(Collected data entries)
☆ ☆ ☆ ☆

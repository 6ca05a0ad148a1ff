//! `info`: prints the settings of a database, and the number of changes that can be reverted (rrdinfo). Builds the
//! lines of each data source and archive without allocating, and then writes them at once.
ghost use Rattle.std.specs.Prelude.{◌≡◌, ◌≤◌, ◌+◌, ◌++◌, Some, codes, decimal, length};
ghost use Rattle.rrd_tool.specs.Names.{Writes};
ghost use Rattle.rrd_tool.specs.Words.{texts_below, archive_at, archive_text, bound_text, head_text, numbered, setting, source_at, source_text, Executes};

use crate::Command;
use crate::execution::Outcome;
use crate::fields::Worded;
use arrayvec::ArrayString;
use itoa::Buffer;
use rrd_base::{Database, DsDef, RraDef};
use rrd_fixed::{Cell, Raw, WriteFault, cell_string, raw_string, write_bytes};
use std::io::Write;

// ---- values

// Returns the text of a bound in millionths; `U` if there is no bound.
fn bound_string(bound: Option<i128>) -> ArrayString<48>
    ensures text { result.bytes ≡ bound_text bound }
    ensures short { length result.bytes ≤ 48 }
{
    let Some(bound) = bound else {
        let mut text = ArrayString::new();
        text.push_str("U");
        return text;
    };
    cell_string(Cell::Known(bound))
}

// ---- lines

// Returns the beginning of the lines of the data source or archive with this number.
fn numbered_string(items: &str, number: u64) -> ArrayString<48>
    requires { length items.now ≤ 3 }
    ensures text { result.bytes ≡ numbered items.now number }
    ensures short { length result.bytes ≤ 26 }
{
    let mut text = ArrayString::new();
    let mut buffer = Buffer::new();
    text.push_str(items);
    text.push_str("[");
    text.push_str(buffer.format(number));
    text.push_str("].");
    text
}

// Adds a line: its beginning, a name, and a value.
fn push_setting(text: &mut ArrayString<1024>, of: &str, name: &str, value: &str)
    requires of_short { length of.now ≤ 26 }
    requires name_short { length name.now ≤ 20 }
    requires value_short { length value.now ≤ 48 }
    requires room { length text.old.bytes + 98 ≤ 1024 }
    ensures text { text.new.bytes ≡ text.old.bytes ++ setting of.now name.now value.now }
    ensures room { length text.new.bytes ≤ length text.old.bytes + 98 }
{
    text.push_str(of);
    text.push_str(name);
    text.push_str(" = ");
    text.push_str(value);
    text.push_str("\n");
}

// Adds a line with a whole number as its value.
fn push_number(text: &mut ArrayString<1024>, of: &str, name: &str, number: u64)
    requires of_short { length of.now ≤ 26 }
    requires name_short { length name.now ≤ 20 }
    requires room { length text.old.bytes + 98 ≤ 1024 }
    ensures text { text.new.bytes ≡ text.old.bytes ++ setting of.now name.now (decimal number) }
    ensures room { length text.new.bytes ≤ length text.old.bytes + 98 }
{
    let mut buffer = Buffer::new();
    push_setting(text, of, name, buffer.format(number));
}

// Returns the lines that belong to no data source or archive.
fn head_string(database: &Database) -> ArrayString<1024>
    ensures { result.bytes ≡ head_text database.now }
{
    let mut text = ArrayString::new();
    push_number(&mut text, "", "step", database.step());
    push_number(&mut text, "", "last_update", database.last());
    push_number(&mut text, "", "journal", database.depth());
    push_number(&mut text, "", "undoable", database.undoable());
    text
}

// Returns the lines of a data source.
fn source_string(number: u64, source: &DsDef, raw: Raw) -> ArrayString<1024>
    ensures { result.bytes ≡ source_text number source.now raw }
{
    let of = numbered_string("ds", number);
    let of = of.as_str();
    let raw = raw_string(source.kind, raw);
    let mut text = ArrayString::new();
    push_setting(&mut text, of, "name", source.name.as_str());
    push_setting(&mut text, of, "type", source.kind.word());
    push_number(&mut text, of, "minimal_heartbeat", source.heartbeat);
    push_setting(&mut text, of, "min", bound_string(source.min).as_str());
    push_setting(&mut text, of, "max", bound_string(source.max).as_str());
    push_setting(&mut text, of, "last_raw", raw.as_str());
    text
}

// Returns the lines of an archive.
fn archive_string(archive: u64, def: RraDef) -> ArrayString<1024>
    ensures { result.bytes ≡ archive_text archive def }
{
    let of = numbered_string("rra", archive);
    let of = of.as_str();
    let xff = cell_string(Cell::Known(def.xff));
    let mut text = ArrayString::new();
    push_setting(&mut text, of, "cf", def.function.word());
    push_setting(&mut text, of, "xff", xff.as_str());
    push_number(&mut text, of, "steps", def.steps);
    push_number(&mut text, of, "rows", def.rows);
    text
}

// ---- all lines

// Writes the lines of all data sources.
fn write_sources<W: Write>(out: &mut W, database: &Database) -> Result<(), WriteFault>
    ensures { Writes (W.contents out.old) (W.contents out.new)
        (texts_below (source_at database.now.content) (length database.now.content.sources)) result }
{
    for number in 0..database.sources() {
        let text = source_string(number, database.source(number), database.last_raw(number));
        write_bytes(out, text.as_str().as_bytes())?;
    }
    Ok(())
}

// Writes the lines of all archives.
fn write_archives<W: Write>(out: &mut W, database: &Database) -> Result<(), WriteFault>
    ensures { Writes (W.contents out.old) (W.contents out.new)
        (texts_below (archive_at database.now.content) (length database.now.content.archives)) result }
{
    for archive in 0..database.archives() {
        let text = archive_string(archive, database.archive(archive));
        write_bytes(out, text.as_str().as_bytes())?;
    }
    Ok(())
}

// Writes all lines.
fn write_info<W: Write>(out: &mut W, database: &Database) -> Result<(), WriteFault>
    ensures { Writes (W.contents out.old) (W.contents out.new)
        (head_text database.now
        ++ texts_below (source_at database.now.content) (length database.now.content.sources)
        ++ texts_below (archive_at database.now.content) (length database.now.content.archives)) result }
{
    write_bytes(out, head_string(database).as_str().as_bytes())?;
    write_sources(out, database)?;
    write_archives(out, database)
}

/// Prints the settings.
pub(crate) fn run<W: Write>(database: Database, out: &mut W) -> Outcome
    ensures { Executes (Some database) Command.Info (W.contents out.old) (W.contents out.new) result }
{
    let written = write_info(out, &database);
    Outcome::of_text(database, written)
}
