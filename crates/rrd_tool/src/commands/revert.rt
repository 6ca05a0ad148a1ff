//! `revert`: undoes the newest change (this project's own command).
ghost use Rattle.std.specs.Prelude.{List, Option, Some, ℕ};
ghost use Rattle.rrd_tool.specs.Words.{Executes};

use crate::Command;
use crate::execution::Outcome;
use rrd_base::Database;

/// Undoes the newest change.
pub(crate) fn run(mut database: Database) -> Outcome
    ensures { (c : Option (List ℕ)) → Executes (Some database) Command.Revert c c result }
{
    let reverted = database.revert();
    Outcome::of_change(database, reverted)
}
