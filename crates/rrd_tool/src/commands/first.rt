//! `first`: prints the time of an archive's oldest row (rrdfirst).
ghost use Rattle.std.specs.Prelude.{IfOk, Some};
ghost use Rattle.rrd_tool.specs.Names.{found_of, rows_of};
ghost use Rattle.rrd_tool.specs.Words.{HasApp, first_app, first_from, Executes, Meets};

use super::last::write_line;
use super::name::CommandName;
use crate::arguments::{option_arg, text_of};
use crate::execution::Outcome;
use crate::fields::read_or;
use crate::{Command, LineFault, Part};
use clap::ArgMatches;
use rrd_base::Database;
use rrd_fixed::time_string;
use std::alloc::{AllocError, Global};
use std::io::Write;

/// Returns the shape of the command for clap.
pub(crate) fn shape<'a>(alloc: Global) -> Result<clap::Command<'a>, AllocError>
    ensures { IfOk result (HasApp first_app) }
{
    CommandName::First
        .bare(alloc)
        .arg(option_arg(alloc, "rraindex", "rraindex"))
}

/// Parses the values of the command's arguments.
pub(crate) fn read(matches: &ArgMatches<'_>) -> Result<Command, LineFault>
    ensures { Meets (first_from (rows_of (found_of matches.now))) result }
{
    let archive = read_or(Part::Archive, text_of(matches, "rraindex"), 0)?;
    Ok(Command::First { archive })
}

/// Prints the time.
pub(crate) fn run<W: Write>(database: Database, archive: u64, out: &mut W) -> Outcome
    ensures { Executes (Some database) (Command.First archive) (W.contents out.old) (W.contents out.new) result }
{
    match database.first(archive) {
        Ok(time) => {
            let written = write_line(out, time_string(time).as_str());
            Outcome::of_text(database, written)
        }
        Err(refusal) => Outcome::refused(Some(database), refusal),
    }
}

☆ ☆ ☆ ☆

DIRECTIONS FOR THIS TASK: In the data above, start at the line that has "filename crates/rrd_tool/src/commands/first.rt", stop after the line that has "command for clap.", and print every line in between exactly as it stands.

ANSWER SECTION:
filename crates/rrd_tool/src/commands/first.rt
//! `first`: prints the time of an archive's oldest row (rrdfirst).
ghost use Rattle.std.specs.Prelude.{IfOk, Some};
ghost use Rattle.rrd_tool.specs.Names.{found_of, rows_of};
ghost use Rattle.rrd_tool.specs.Words.{HasApp, first_app, first_from, Executes, Meets};

use super::last::write_line;
use super::name::CommandName;
use crate::arguments::{option_arg, text_of};
use crate::execution::Outcome;
use crate::fields::read_or;
use crate::{Command, LineFault, Part};
use clap::ArgMatches;
use rrd_base::Database;
use rrd_fixed::time_string;
use std::alloc::{AllocError, Global};
use std::io::Write;

/// Returns the shape of the command for clap.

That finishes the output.